What the task asks: Output exactly the lines below, starting with the line that has "let slot = (seen / SLOT) as u32 - 1;" and going on through the line that has "pub use law::Compared;", both included, and no other lines.

[Collection entries]
___

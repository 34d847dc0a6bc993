// The pointers of a tree are gone over, each with all below it before its own page.
ghost use Rattle.std.specs.Prelude.{◌≡◌, ◌⊎◌, ◌^◌, ◌≤◌, ◌<◌, get_or, IfErr, IfOk};
ghost use Rattle.engine_pages.specs.declared.view.KeptWhy.TheVariants.{Locked, Unlike};
ghost use Rattle.engine_pages.specs.Passes.{view, IsPassOf};
ghost use Rattle.engine_pages.specs.Layout.{page_at};
ghost use Rattle.page_drops.specs.Calls.{HasHeld, KeepsAbove};
ghost use Rattle.page_drops.specs.Works.{HasSeenLast};
ghost use Rattle.snapshot_store.specs.Places.{page as page_words};
ghost use Rattle.tree_heads.specs.Headers.{count_of, kind_of, IsUnmoved};
ghost use Rattle.tree_drops.specs.Branches.{IsParted};
ghost use Rattle.tree_drops.specs.Leaves.{KnowsKeys};
ghost use Rattle.tree_drops.specs.Turns.{CanGoFrom, CanWork, HasClosed, HasEndedLeaf, HasEndedPage, HasAlike, HasGoneFrom, HasNotedPage, HasOpened};
ghost use Rattle.tree_drops.specs.Turns.{HasTakenLeaf, IsChildTarget, IsInside, IsOpened, KnowsParts};
ghost use Rattle.tree_drops.specs.Releases.{CanWorkChain};
ghost use Rattle.tree_drops.specs.Visits.{CanVisit, HasVisited, IsFew, KeepsInners};
ghost use Rattle.tree_drops.specs.Works.{IsSeenAt};

use crate::branches::{Branch, child_of, compare_from, drop_branch_from, part_of};
use crate::chain_visits::take_chain;
use crate::dropping::{Pointer, drop_leaf};
use crate::records::Leaf;
use crate::stored::count_in;
use crate::taking::Root;
use crate::tallies::{and, and_kept};
use dual_pointer::{SHUT, SLOT};
use engine_pages::{Engine, KeptWhy, Pass, enter, follow, leave};
use homes::{At, Span, Spot};
use page_drops::{Dropped, Held, Kept, keep, word_at, word_of};
use pointer_swings::renew;
use std::thread::yield_now;
use tree_heads::{load_header, load_word};

const MOVED: u64 = 1 << 62;

const POINTERS: u32 = 4;

/// Once in so many pages the pass gives its core away, where other threads wait for one.
const TURN: u32 = 512;

/// A pointer over keys of a tree: where it stands, where its word does, the newest snapshot's page for the keys, or 0, and
/// that snapshot's epoch.
#[derive(Clone, Copy)]
pub(crate) struct Target {
    pub place: At,
    pub span: Span,
    pub at: u32,
    pub page: u32,
    pub epoch: u32,
}

/// An interior page that is gone into: its slot, the word by which its pointer leads there, and how many children it has.
#[derive(Clone, Copy)]
pub(crate) struct Opened {
    pub slot: u32,
    pub word: u64,
    pub count: u32,
}

/// Holds the slot that the pointer leads to, if it leads to one, and lets the pointer name the newest snapshot's page.
fn hold(engine: &Engine, pass: &mut Pass, target: Target) -> Result<Option<Held>, Kept>
    requires of { IsPassOf engine.now pass.old }
    requires visit { CanVisit target.place target.span target.at target.page target.epoch (view pass.old) }
    ensures of { IsPassOf engine.now pass.new }
    ensures holds { IfOk result (λ found. HasHeld target.span target.at target.page found (view pass.old) (view pass.new)) }
    ensures keeps { IfErr result (λ k. KeepsAbove target.at k (view pass.old) (view pass.new)) }
    ensures inners { KeepsInners (view pass.old) (view pass.new) }
{
    let at = target.at;
    let page = target.page;
    let seen = follow(engine, pass, target.place, target.span, at);
    if seen >= SHUT {
        let locked = keep(engine, pass, at, seen, KeptWhy::Locked);
        return Err(locked);
    }
    if seen < SLOT {
        return Ok(None);
    }
    let slot = (seen / SLOT) as u32 - 1;
    enter(engine, pass, slot);
    let word = follow(engine, pass, target.place, target.span, at);
    if word / SLOT != seen / SLOT {
        let turned = keep(engine, pass, at, word, KeptWhy::Changed { expected: seen });
        leave(engine, pass, slot);
        return Err(turned);
    }
    if page == 0 || u64::from(page) == word % SLOT {
        return Ok(Some(Held { slot, word }));
    }
    let found = renew(engine, pass, target.place, target.span, at, page, word);
    if found != word {
        let changed = keep(engine, pass, at, found, KeptWhy::Changed { expected: word });
        leave(engine, pass, slot);
        return Err(changed);
    }
    Ok(Some(Held {
        slot,
        word: word / SLOT * SLOT + u64::from(page),
    }))
}
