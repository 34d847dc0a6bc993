//! The check of a pointer that a transaction kept, by its attempt.
//!
//! Promises: the step keeps the rule of engine_pages (`Shows`). A part of a pointer is checked exactly where the whole
//! word is the one that was seen: the page half too, so that a pointer which led elsewhere in between fails; else the
//! attempt failed (`check_pointer`).
//! Terms: *part*, a word that an attempt read and has to find again; *pointer word*, a page number, a slot and a bit
//! that says whether it is shut.
//! Layout: specs/Checks.antt, what the check asks and tells. In proofs/ `Comparisons` has what the machine finds, and
//! `CheckPointers` the step.
//! Design: docs/PAGES.md and docs/COMMIT.md.
#![tactic(auto)]

mod checking;
mod law;
mod laws;

pub use checking::check_pointer;
pub use law::Compared;
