// What the customer may hold the public calls to: a crate without functions. specs/ has the calls and the promises about them, proofs/ shows each from the
// contracts of `dymosaw` alone. docs/PROMISES.md gives each in plain English.
#![tactic(auto)]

___

Completed exercise:
    let slot = (seen / SLOT) as u32 - 1;
    enter(engine, pass, slot);
    let word = follow(engine, pass, target.place, target.span, at);
    if word / SLOT != seen / SLOT {
        let turned = keep(engine, pass, at, word, KeptWhy::Changed { expected: seen });
        leave(engine, pass, slot);
        return Err(turned);
    }
    if page == 0 || u64::from(page) == word % SLOT {
        return Ok(Some(Held { slot, word }));
    }
    let found = renew(engine, pass, target.place, target.span, at, page, word);
    if found != word {
        let changed = keep(engine, pass, at, found, KeptWhy::Changed { expected: word });
        leave(engine, pass, slot);
        return Err(changed);
    }
    Ok(Some(Held {
        slot,
        word: word / SLOT * SLOT + u64::from(page),
    }))
}
repository 34d847dc0a6bc993
//! The check of a pointer that a transaction kept, by its attempt.
//!
//! Promises: the step keeps the rule of engine_pages (`Shows`). A part of a pointer is checked exactly where the whole
//! word is the one that was seen: the page half too, so that a pointer which led elsewhere in between fails; else the
//! attempt failed (`check_pointer`).
//! Terms: *part*, a word that an attempt read and has to find again; *pointer word*, a page number, a slot and a bit
//! that says whether it is shut.
//! Layout: specs/Checks.antt, what the check asks and tells. In proofs/ `Comparisons` has what the machine finds, and
//! `CheckPointers` the step.
//! Design: docs/PAGES.md and docs/COMMIT.md.
#![tactic(auto)]

mod checking;
mod law;
mod laws;

pub use checking::check_pointer;
pub use law::Compared;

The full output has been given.